I have a lift gate, on one of the crew cab 550s, that my shovelers use, those guys get all the two stage blowers, because of the lift gate. The truck with out the lift gate, they get the small blowers, however they also get the 16' inclosed trailer with a ride on snowblower. However they don't get the trailer till after it has stopped snowing, and road conditions improve.

Geoff


----------



## Chuck Smith (Dec 30, 1999)

I got a 2 stage Sears Craftsman 5 HP 22". It's a 1986 model, I know it's old. I can lift it myself, but it is heavy, and I'd rather use ramps. No matter how deep the snow is, or how wet, it throws snow far.
Figure it this way, you can get an 8 HP 24"+, that you NEED ramps to load, or a smaller 5 HP 2 stage, a little narrower, and a lot lighter. Not as light as the 2 stroke models, but it is worth the added weight.

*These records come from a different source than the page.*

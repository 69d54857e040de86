// How many cases came out as expected, of how many.
use std::io;
use std::num::wrapping_add_u64;

#[derive(Clone, Copy)]
pub struct Tally {
    pub right: u64,
    pub all: u64,
}

impl Tally {
    pub fn none() -> Tally {
        Tally { right: 0, all: 0 }
    }

    // One case more.
    pub fn tell(self, as_expected: bool) -> Tally {
        Tally {
            right: wrapping_add_u64(self.right, u64::from(as_expected)),
            all: wrapping_add_u64(self.all, 1),
        }
    }

    pub fn print(self, rt: &impl Print, what: &[u8]) -> io::Result<()> {
        rt.write_all(what)?;
        println!(rt; ": {} of {} as expected", self.right, self.all)
    }
}
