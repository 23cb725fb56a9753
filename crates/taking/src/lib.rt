// How many bytes a program takes from standard input, and what follows each read.
#![tactic(auto)]

pub mod reads; // reads.rt: what follows an answer of `read`
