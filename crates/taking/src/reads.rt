// What follows an answer of `read`, until the room for a record is full or the input ends.
ghost use Rattle.std.specs.Prelude.{◌≡◌, ◌-◌};
ghost use Rattle.taking.specs.Input.{Within, input_room, next_of};

use std::io;
use std::ops::ControlFlow;

// The longest good record, and one byte more: enough to see that a record is too long.
pub const TAKEN: usize = 4_991;

// What follows where `read` was lent the part of the buffer behind the bytes taken, and answered so: another read, with so many
// bytes taken, or the end of the taking, with so many bytes at the front of the buffer. A failure is handed up.
#[tactic(auto, using(crate::proofs::InputLaws::read_steps))]
pub fn after_read(taken: usize, got: io::Result<usize>) -> io::Result<ControlFlow<usize, usize>>
    requires { Within (input_room - taken) got }
    ensures { result ≡ next_of taken got }
{
    let count = got?;
    let now = taken + count;
    if count == 0 || TAKEN <= now {
        return Ok(ControlFlow::Break(now));
    }
    Ok(ControlFlow::Continue(now))
}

If you use a 2 stage 8 HP, 24", you typically go down a sidewalk, and then come back down the walk clearing another 1/2 width or thereabouts. Most walks are about 36" wide. If you go down it clearing a path, on your way back, you naturally open it the full 36" width.

If you use a 5 HP 22", you do the same thing, and can still open it the full 36" width.

I wouldn't get any smaller than a 5 HP 2 stage blower. I have an Ariens 8 HP 24", but I keep it as a back up. WIth that machine you NEED ramps. It's REALLY heavy compared to the 5 HP 22". Keep in mind I do mostly walks along the curb, that get covered by what the road plows toss up. I don't think the small single stage blowers can handle the wet, often frozen snow the road plows toss up. Doing the walk up to someone's door from the driveway, yes, they can. But consider that you may have to turn down work, if all you have is a single stage blower.
I myself have gotten calls after heavier snowfalls from businesses that want their curbside walks cleared. These are the type of places that the store owners do the walks themselves. That is, until we get 14" they don't feel like shoveling the morning after. With a 2 stage, you can go there and clear the walks in a matter of minutes. With a single stage, it will take MUCH longer, or you may have to pass on the job all together.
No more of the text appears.